Here, the plaintiffs’ analogous abandonment theory fails as well. A century ago, we addressed a similar situation in Johnston v. Drainage District No. 80 of Palo Alto County, where a “proposed new drainage district included a portion of the right of way of an old district known as drainage district No. 16.” 168 N.W. at 887. The landowner there, like the landowners here, was not entitled to right-of-way compensation to the extent such damages had already been paid with respect to the old drainage district. Id. Because “the right of way for the improvement in question include[s] a portion of the right of way of a former drainage improvement, for which the owner [or his predecessor] had received compensation, no additional sum should be allowed for the land thus taken and occupied thereby.” Id. Thus, creation of DD48 did not eliminate the prior right-of-way created by DD1—for which the plaintiffs’ predecessors were paid. Rather, as we said in Hicks, DD1 was merely “renumbered ․ [DD]48.” 514 N.W.2d at 434.
Nor do the early farmers’ actions of using the spoil piles to fill in the ditch and make it farmable change the nature of the easement held by DD48. Although “the owner retains the right to use the property in any way not inconsistent with the carrying out of the plans of the drainage district,” Johnston, 168 N.W. at 888, the drainage district remains “under the control and supervision of the board of supervisors,” id.; see also Iowa Code § 468.126. During the period between 1937 and 2017, when the tiles were removed, covering the ditch and farming over it were undertaken by landowners—not DD48, the holder of the easement.
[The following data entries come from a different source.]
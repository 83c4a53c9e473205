// A desk that is listed, and what it asks for.
ghost use Rattle.store.specs.Finding.{mpid_word};
ghost use Rattle.rulings.specs.Standing.{Desk};

use crate::targets::Target;
use crate::{exchange, find_order, find_symbol, tally_at, value_of};
use checks::{Figures, Refusal};
use edits::{Deed, GroupShift, IDLE, OrderShift};
use packing::Ident;
use store::{Key, Table};

// The group of an owner, in the table.
#[derive(Clone, Copy)]
pub struct OwnDesk<'a> {
    pub table: Table<'a>,
    pub group: usize,
    pub owner: u64,
    ghost listed: { ∥ Desk table.mem.now (mpid_word owner) group ∥₁ },
}

impl<'a> OwnDesk<'a> {
    ghost use Rattle.std.specs.Prelude.{◌≡◌, IfOk, Ok};
    ghost use Rattle.laws.specs.Tables.{stay, puts};
    ghost use Rattle.rulebook.specs.Kept.{new_order, blocking};
    ghost use Rattle.rulebook.specs.Judging.{deed, new_ruling};
    ghost use Rattle.rulebook.specs.Cases.{grant};
    ghost use Rattle.fields.specs.Series.{side_of};
    ghost use Rattle.books.specs.View.{group_of, rows_of, view};
    ghost use Rattle.store.specs.Finding.{named_by};
    ghost use Rattle.rulings.specs.Standing.{Small};
    ghost use Rattle.rulings.specs.Rulings.{ruled, ruling_in_rows, own_spot};
    ghost use Rattle.rulings.specs.Targets.{spot_said};

    // An N judged: 8, 10, 11, 12, 13, 14, 31 to 36, or its order is counted. Under which name is the contract's to say.
    pub fn add(
        self,
        name: Ident,
        sym: u64,
        side: u64,
        size: u64,
        price: u64,
    ) -> Result<Deed, Refusal>
        requires { Small size price }
        ensures { ruled result ≡ ruling_in_rows (rows_of self.entry.table.mem.now) (new_ruling (view self.entry.table.mem.now).ledger (group_of (rows_of self.entry.table.mem.now) self.entry.group) (new_order (named_by (record { owner = self.entry.owner; name = name })) sym (side_of side) size price)) }
    {
        let mem = self.table.mem;
        let group = self.group;
        let figures = Figures {
            price,
            size,
            done: 0,
            asked: false,
        };
        let t = exchange(side, 0, value_of(figures), tally_at(mem, group));
        let symbol = find_symbol(mem, sym);
        let counted = Deed {
            order: OrderShift::Adds {
                figures,
                group,
                open_buys: t.ob,
                open_sells: t.os,
            },
            ..IDLE
        };
        match checks::try_new(mem, group, symbol, t, side, size, price) {
            Ok(()) => Ok(counted),
            Err(refusal) => Err(refusal),
        }
    }

    // A B or an R judged: the block is set or lifted, and nothing stops it.
    pub fn block(self, blocked: bool) -> Deed
        ensures { ruled (Ok result) ≡ ruling_in_rows (rows_of self.entry.table.mem.now) (grant (deed stay (puts (blocking blocked (group_of (rows_of self.entry.table.mem.now) self.entry.group))) stay)) }
    {
        let t = tally_at(self.table.mem, self.group);
        Deed {
            group: GroupShift::Puts {
                group: self.group,
                blocked,
                traded_buys: t.tb,
                traded_sells: t.ts,
            },
            ..IDLE
        }
    }

    // The order of the desk that a name stands for: 9 where there is none.
    pub fn order(self, name: Ident) -> Result<Target<'a>, Refusal>
        ensures spot { spot_said result ≡ own_spot (rows_of self.entry.table.mem.now) self.entry.group (named_by (record { owner = self.entry.owner; name = name })) }
        ensures words { IfOk result (λ t. t.mem.now ≡ self.entry.table.mem.now) }
    {
        let key = Key {
            owner: self.owner,
            name,
        };
        let order = find_order(self.table, key).ok_or(Refusal::NotOpen)?;
        Ok(Target {
            mem: self.table.mem,
            group: self.group,
            order,
        })
    }
}
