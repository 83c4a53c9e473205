// The order that a request or a notice names, where it stands, and what becomes of it and its desk.
ghost use Rattle.books.specs.Refining.{Counted};
ghost use Rattle.rulings.specs.Standing.{Held};
ghost use Rattle.std.proofs.Props.{props};

use crate::{exchange, find_symbol, is_blocked, pay, tally_at, value_of};
use checks::{Figures, Refusal, Tally};
use edits::{Deed, GroupShift, IDLE, OrderShift};

// An order by its place, and the group whose it is.
#[derive(Clone, Copy)]
pub struct Target<'a> {
    pub mem: &'a [u64],
    pub group: usize,
    pub order: usize,
    ghost counted: { Counted mem.now },
    ghost held: { Held mem.now group order } by { Prim.hlevel props },
}

impl Target<'_> {
    ghost use Rattle.std.specs.Prelude.{◌≡◌, ◌+◌, ◌≤◌, length};
    ghost use Rattle.fields.specs.Series.{side_of};
    ghost use Rattle.rulebook.specs.Kept.{tested};
    ghost use Rattle.rulebook.specs.Judging.{change_ruling, cancel_ruling, fill_ruling, reduction_ruling, refused_ruling};
    ghost use Rattle.books.specs.Layout.{requests, request_start, width_of};
    ghost use Rattle.books.specs.View.{group_of, order_of, rows_of, view};
    ghost use Rattle.books.specs.Writing.{symbol_index};
    ghost use Rattle.checks.specs.Saying.{figures_said, tally_said};
    ghost use Rattle.checks.specs.Trying.{Measurable};
    ghost use Rattle.rulings.specs.Standing.{Small, tally_after};
    ghost use Rattle.rulings.specs.Rulings.{amended_with, marked_with, ruled, ruling_in_rows};
    ghost use Rattle.rulings.specs.Targets.{order_at, desk_at};

    // Where its request begins.
    fn request(self) -> usize
        ensures start { result ≡ request_start self.entry.mem.now self.entry.order }
        ensures words { result + width_of requests ≤ length self.entry.mem.now }
    {
        store::request_at(self.mem, self.order)
    }

    // The letter of its side.
    fn side(self) -> u64
        ensures { side_of result ≡ (order_at self.entry).ticket.side }
    {
        self.mem[self.request() + books::SIDE]
    }

    // The row of its symbol, or how many are listed.
    fn symbol(self) -> usize
        ensures { result ≡ symbol_index (rows_of self.entry.mem.now) (order_at self.entry).ticket.sym }
    {
        find_symbol(self.mem, self.mem[self.request() + books::SYMBOL])
    }

    // Its figures.
    fn figures(self) -> Figures
        ensures { figures_said result ≡ (order_at self.entry).figures }
    {
        let b = store::order_at(self.mem, self.order);
        Figures {
            price: self.mem[b + books::ORDER_PRICE],
            size: self.mem[b + books::ORDER_SIZE],
            done: self.mem[b + books::DONE],
            asked: self.mem[b + books::CANCEL_ASKED] > 0,
        }
    }

    // Its group's totals once it has other figures.
    fn tally_with(self, new: Figures) -> Tally
        requires { Small new.size new.price }
        ensures { tally_said result ≡ tally_after (rows_of self.entry.mem.now) self.entry.group (order_at self.entry) (figures_said new) }
    {
        let totals = tally_at(self.mem, self.group);
        exchange(self.side(), value_of(self.figures()), value_of(new), totals)
    }

    // It takes other figures, and its group the totals.
    fn amend(self, figures: Figures, t: Tally, group: GroupShift) -> Deed
        ensures { result ≡ amended_with self.entry.group self.entry.order figures t group }
    {
        Deed {
            order: OrderShift::Puts {
                order: self.order,
                figures,
                group: self.group,
                open_buys: t.ob,
                open_sells: t.os,
            },
            group,
            ..IDLE
        }
    }

    // It is worked: its group's traded values are set too, and the group's block is tested.
    fn work(self, figures: Figures, t: Tally) -> Deed
        requires { Measurable self.mem.now self.group t }
        ensures { result ≡ amended_with self.entry.group self.entry.order figures t (marked_with self.entry.group (tested (desk_at self.entry) (tally_said t)).blocked t) }
    {
        let group = GroupShift::Puts {
            group: self.group,
            blocked: is_blocked(self.mem, self.group, t),
            traded_buys: t.tb,
            traded_sells: t.ts,
        };
        self.amend(figures, t, group)
    }

    // An M judged: 9, 17, 10, 12, 16, 13, 14, 31 to 36, or size and price are set.
    pub fn change(self, size: u64, price: u64) -> Result<Deed, Refusal>
        requires { Small size price }
        ensures { ruled result ≡ ruling_in_rows (rows_of self.entry.mem.now) (change_ruling (view self.entry.mem.now).ledger (desk_at self.entry) size price (order_at self.entry)) }
    {
        let old = self.figures();
        let new = Figures { size, price, ..old };
        let t = self.tally_with(new);
        let symbol = self.symbol();
        checks::try_change(
            self.mem,
            self.group,
            symbol,
            t,
            self.side(),
            old,
            size,
            price,
        )?;
        Ok(self.amend(new, t, GroupShift::Stay))
    }

    // A C judged: 9, 17, or the cancel is asked for.
    pub fn cancel(self) -> Result<Deed, Refusal>
        ensures { ruled result ≡ ruling_in_rows (rows_of self.entry.mem.now) (cancel_ruling (order_at self.entry)) }
    {
        let old = self.figures();
        checks::try_cancel(old)?;
        let new = Figures { asked: true, ..old };
        Ok(self.amend(new, self.tally_with(new), GroupShift::Stay))
    }

    // An H judged: 9, or the cancel is no longer asked for.
    pub fn keep(self) -> Result<Deed, Refusal>
        ensures { ruled result ≡ ruling_in_rows (rows_of self.entry.mem.now) (refused_ruling (desk_at self.entry) (order_at self.entry)) }
    {
        let old = self.figures();
        checks::try_refused(old)?;
        let new = Figures {
            asked: false,
            ..old
        };
        Ok(self.amend(new, self.tally_with(new), GroupShift::Stay))
    }

    // An F judged: 9, 19, 20, or it is booked.
    pub fn fill(self, size: u64, price: u64) -> Result<Deed, Refusal>
        requires { Small size price }
        ensures { ruled result ≡ ruling_in_rows (rows_of self.entry.mem.now) (fill_ruling (view self.entry.mem.now).ledger.orders size price (desk_at self.entry) (order_at self.entry)) }
    {
        let old = self.figures();
        let new = Figures {
            done: old.done + size,
            ..old
        };
        let t = pay(self.side(), size * price, self.tally_with(new));
        checks::try_fill(t, old, size)?;
        Ok(self.work(new, t))
    }

    // A D judged: 9, 19, or it is booked.
    pub fn reduce(self, size: u64) -> Result<Deed, Refusal>
        requires { size ≤ 1_000_000 }
        ensures { ruled result ≡ ruling_in_rows (rows_of self.entry.mem.now) (reduction_ruling (view self.entry.mem.now).ledger.orders size (desk_at self.entry) (order_at self.entry)) }
    {
        let old = self.figures();
        checks::try_reduction(old, size)?;
        let new = Figures {
            done: old.done + size,
            ..old
        };
        Ok(self.work(new, self.tally_with(new)))
    }
}
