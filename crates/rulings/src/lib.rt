// Requests and notices judged over the lent words: what is changed, or why it is refused.
#![tactic(auto)]

mod desks;
mod targets;

ghost use Rattle.std.specs.Prelude.{◌≡◌, ◌+◌, ◌≤◌, ◌<◌, IfOk};
ghost use Rattle.rulebook.specs.Lines.{is_buy};
ghost use Rattle.rulebook.specs.Kept.{tested};
ghost use Rattle.rulebook.specs.Judging.{deal_ruling, quote_ruling, news_ruling};
ghost use Rattle.fields.specs.Series.{side_of};
ghost use Rattle.books.specs.Layout.{groups};
ghost use Rattle.books.specs.View.{tally_in, group_of, rows_of, view};
ghost use Rattle.books.specs.Writing.{group_index, symbol_index};
ghost use Rattle.books.specs.Rules.{Valid};
ghost use Rattle.books.specs.Refining.{Counted};
ghost use Rattle.store.specs.Finding.{mpid_word, named_by};
ghost use Rattle.checks.specs.Saying.{figures_said, tally_said};
ghost use Rattle.checks.specs.Trying.{Measurable};
ghost use Rattle.rulings.specs.Counting.{exchanged, paid, value_said};
ghost use Rattle.rulings.specs.Standing.{Small, SmallDeal, SmallNews, Desk, Exchangeable, Payable};
ghost use Rattle.rulings.specs.Rulings.{deal_said, news_said, ruled, ruling_in_rows, order_place, spot_of};
ghost use Rattle.rulings.specs.Targets.{spot_said};

use checks::{Figures, Refusal, Tally};
use desks::OwnDesk;
use edits::{Deed, IDLE, SymbolShift};
use packing::Ident;
use store::{Found, Key, Table};
use targets::Target;

// What a request asks for.
#[derive(Clone, Copy)]
pub enum Deal {
    New {
        sym: u64,
        side: u64,
        size: u64,
        price: u64,
    },
    Change {
        target: Ident,
        size: u64,
        price: u64,
    },
    Cancel {
        target: Ident,
    },
    Block,
    Unblock,
}

// What a notice tells.
#[derive(Clone, Copy)]
pub enum News {
    Quote { sym: u64, bid: u64, offer: u64 },
    Fill { target: Key, size: u64, price: u64 },
    Reduction { target: Key, size: u64 },
    CancelRefused { target: Key },
}

// The group with an MPID, or how many are listed.
// kept: the count and no Option where there is none: what may not change (the clauses of find_group, and of checks for a symbol's row)
#[tactic(auto, using(store::specs::Finding::first_group))]
pub fn find_group(mem: &[u64], mpid: u64) -> usize
    requires { Counted mem.now }
    ensures { result ≡ group_index (rows_of mem.now) (mpid_word mpid) }
{
    let listed = mem[books::GROUPS_LISTED] as usize;
    store::find_word(mem, books::GROUPS, books::GROUP_WORDS, listed, mpid)
}

// The symbol with an ID, or how many are listed.
#[tactic(auto, using(store::specs::Finding::first_symbol))]
fn find_symbol(mem: &[u64], id: u64) -> usize
    requires { Counted mem.now }
    ensures { result ≡ symbol_index (rows_of mem.now) id }
{
    let listed = mem[books::SYMBOLS_LISTED] as usize;
    store::find_word(mem, books::SYMBOLS, books::SYMBOL_WORDS, listed, id)
}

// The place of the order with a key. No other place has the key of a passed N.
fn find_order(table: Table, key: Key) -> Option<usize>
    ensures { result ≡ order_place (rows_of table.entry.mem.now) (named_by key) }
{
    match store::find_place(table, key) {
        Found::At(i) => {
            let begins = store::request_at(table.mem, i);
            rules::opens(table.mem, begins).then_some(i)
        }
        Found::Free(_) => None,
        Found::Full => None,
    }
}

// A group's totals.
fn tally_at(mem: &[u64], group: usize) -> Tally
    requires counted { Counted mem.now }
    requires group_bound { group < 64 }
    ensures { tally_said result ≡ tally_in (rows_of mem.now groups group) }
{
    let b = books::GROUPS + group * books::GROUP_WORDS;
    Tally {
        tb: mem[b + books::TRADED_BUYS],
        ts: mem[b + books::TRADED_SELLS],
        ob: mem[b + books::OPEN_BUYS],
        os: mem[b + books::OPEN_SELLS],
    }
}

// What an order with these figures has open: remaining x price.
fn value_of(f: Figures) -> u64
    requires { Small f.size f.price }
    ensures { result ≡ value_said (figures_said f) }
{
    f.remaining() * f.price
}

// A tally in which an order's part of the open value of its side is exchanged for another.
#[tactic(auto, using(books::proofs::Refining::buy_read), unfolding(crate::specs::Counting::exchanged))]
fn exchange(side: u64, old: u64, new: u64, t: Tally) -> Tally
    requires { Exchangeable (is_buy (side_of side)) old new (tally_said t) }
    ensures { tally_said result ≡ exchanged (is_buy (side_of side)) old new (tally_said t) }
{
    if side == books::BUY {
        return Tally {
            ob: t.ob - old + new,
            ..t
        };
    }
    Tally {
        os: t.os - old + new,
        ..t
    }
}

// A tally in which a fill is counted for its side.
#[tactic(auto, using(books::proofs::Refining::buy_read), unfolding(crate::specs::Counting::paid))]
fn pay(side: u64, value: u64, t: Tally) -> Tally
    requires { Payable value (tally_said t) }
    ensures { tally_said result ≡ paid (is_buy (side_of side)) value (tally_said t) }
{
    if side == books::BUY {
        return Tally {
            tb: t.tb + value,
            ..t
        };
    }
    Tally {
        ts: t.ts + value,
        ..t
    }
}

// Whether a group is blocked after a booking: it was, or a metric is above its limit.
fn is_blocked(mem: &[u64], group: usize, t: Tally) -> bool
    requires { Measurable mem.now group t }
    ensures { result ≡ (tested (group_of (rows_of mem.now) group) (tally_said t)).blocked }
{
    let marked = mem[books::GROUPS + group * books::GROUP_WORDS + books::BLOCKED] > 0;
    marked || checks::try_limits(mem, group, t).is_err()
}

// A Q judged: 8, or both its quotes are set.
fn quote_ruling(table: Table, sym: u64, bid: u64, offer: u64) -> Result<Deed, Refusal>
    ensures { ruled result ≡ ruling_in_rows (rows_of table.entry.mem.now) (quote_ruling (view table.entry.mem.now).ledger.symbols (record { id = sym; bid = bid; offer = offer })) }
{
    let symbol = find_symbol(table.mem, sym);
    if symbol >= table.mem[books::SYMBOLS_LISTED] as usize {
        return Err(Refusal::NoSymbol);
    }
    Ok(Deed {
        symbol: SymbolShift::Puts { symbol, bid, offer },
        ..IDLE
    })
}

// The order with a key, of whichever desk: 5 where that is not listed, 9 where there is no such order.
#[tactic(auto, unfolding(crate::specs::Rulings::spot_of))]
fn find_target<'a>(table: Table<'a>, key: Key) -> Result<Target<'a>, Refusal>
    requires { Valid table.mem.now }
    ensures spot { spot_said result ≡ spot_of (rows_of table.entry.mem.now) (named_by key) }
    ensures words { IfOk result (λ t. t.mem.now ≡ table.entry.mem.now) }
{
    let group = find_group(table.mem, key.owner);
    if group >= table.mem[books::GROUPS_LISTED] as usize {
        return Err(Refusal::NoDesk);
    }
    let desk = OwnDesk {
        table,
        group,
        owner: key.owner,
    };
    desk.order(key.name)
}

// A request judged that is past the door of its desk, which is the group.
#[tactic(auto, unfolding(rulebook::specs::Judging::deal_ruling, laws::specs::Checks::first))]
pub fn deal_ruling(table: Table, group: usize, key: Key, deal: Deal) -> Result<Deed, Refusal>
    requires desk { Desk table.mem.now (mpid_word key.owner) group }
    requires small_deal { SmallDeal deal }
    ensures { ruled result ≡ ruling_in_rows (rows_of table.entry.mem.now) (deal_ruling (view table.entry.mem.now).ledger (group_of (rows_of table.entry.mem.now) group) (named_by key) (deal_said deal)) }
{
    let desk = OwnDesk {
        table,
        group,
        owner: key.owner,
    };
    match deal {
        Deal::New {
            sym,
            side,
            size,
            price,
        } => desk.add(key.name, sym, side, size, price),
        Deal::Change {
            target,
            size,
            price,
        } => desk.order(target)?.change(size, price),
        Deal::Cancel { target } => desk.order(target)?.cancel(),
        Deal::Block => Ok(desk.block(true)),
        Deal::Unblock => Ok(desk.block(false)),
    }
}

// A notice judged whose number is the next.
#[tactic(auto, unfolding(rulebook::specs::Judging::news_ruling))]
pub fn news_ruling(table: Table, news: News) -> Result<Deed, Refusal>
    requires valid { Valid table.mem.now }
    requires small_news { SmallNews news }
    ensures { ruled result ≡ ruling_in_rows (rows_of table.entry.mem.now) (news_ruling (view table.entry.mem.now).ledger (news_said news)) }
{
    match news {
        News::Quote { sym, bid, offer } => quote_ruling(table, sym, bid, offer),
        News::Fill {
            target,
            size,
            price,
        } => find_target(table, target)?.fill(size, price),
        News::Reduction { target, size } => find_target(table, target)?.reduce(size),
        News::CancelRefused { target } => find_target(table, target)?.keep(),
    }
}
See Hicks, 514 N.W.2d at 441 (rejecting landowners’ argument “that the county should be stopped from reclaiming the right-of-way because they took no action to repair or restore the surface waterway for almost fifty years”). “It is the actions and intent of the holder of the easement, not the claimant, that determines whether abandonment has occurred.” Allamakee County, 599 N.W.2d at 453.
We also reject the plaintiffs’ argument that DD48 did not have an easement over their respective properties because permanent right-of-way easements for drainage districts were not statutorily authorized until Iowa Code section 468.27 was enacted in 1985, 1985 Iowa Acts ch. 163, § 1 (codified as amended at Iowa Code § 468.27 (2017)), long after DD48 was put in place. This argument is foreclosed by our cases predating 1985 recognizing that a drainage district's statutory right to control and maintain an established drainage district amounts to an easement. See Johnston, 168 N.W. at 888 (collecting cases recognizing that “land taken for a ditch right of way is simply burdened with an easement, and ․ that the owner retains the right to use the property in any way not inconsistent with the carrying out of the plans of the drainage district”); Barton v. Boie, 169 Iowa 706, 151 N.W. 1064, 1065 (1915) (“It will be observed that the taking [by a drainage district] is for a public purpose, and that an easement is created upon the land included in the right of way for the purpose, in this case, of establishing a new channel for the river ․”); Stuhr v. Butterfield, 151 Iowa 736, 130 N.W. 897, 897 (1911) (describing the rights obtained by a county board of supervisors when a drainage district was established under section 1989-a1 of the 1907 Iowa Code Supplement and explaining that “[t]he nature and object of the easement the public thereby appropriates is much as others within the district like that of a highway”).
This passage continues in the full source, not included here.